---------- Material shown ----------

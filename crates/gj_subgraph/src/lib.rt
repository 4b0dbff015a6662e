//! Subgraph SALSA: posts by the mass that the seed users' own interactions spread, without any randomness.
//!
//! Contracts see the masses as pairs of a post and its units, in ascending order of the posts. `subgraph` takes memory
//! for the edges, the vertices and the masses.
#![tactic(auto)]

mod lists;
mod masses;
mod number;
mod relaid;
mod step;
mod vertices;

pub use masses::{Masses, subgraph};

----------

Would you repeat all of the data above, word for word?

filename crates/gj_subgraph/src/lib.rt
repository 4b0dbff015a6662e
//! Subgraph SALSA: posts by the mass that the seed users' own interactions spread, without any randomness.
//!
//! Contracts see the masses as pairs of a post and its units, in ascending order of the posts. `subgraph` takes memory
//! for the edges, the vertices and the masses.
#![tactic(auto)]

mod lists;
mod masses;
mod number;
mod relaid;
mod step;
mod vertices;

pub use masses::{Masses, subgraph};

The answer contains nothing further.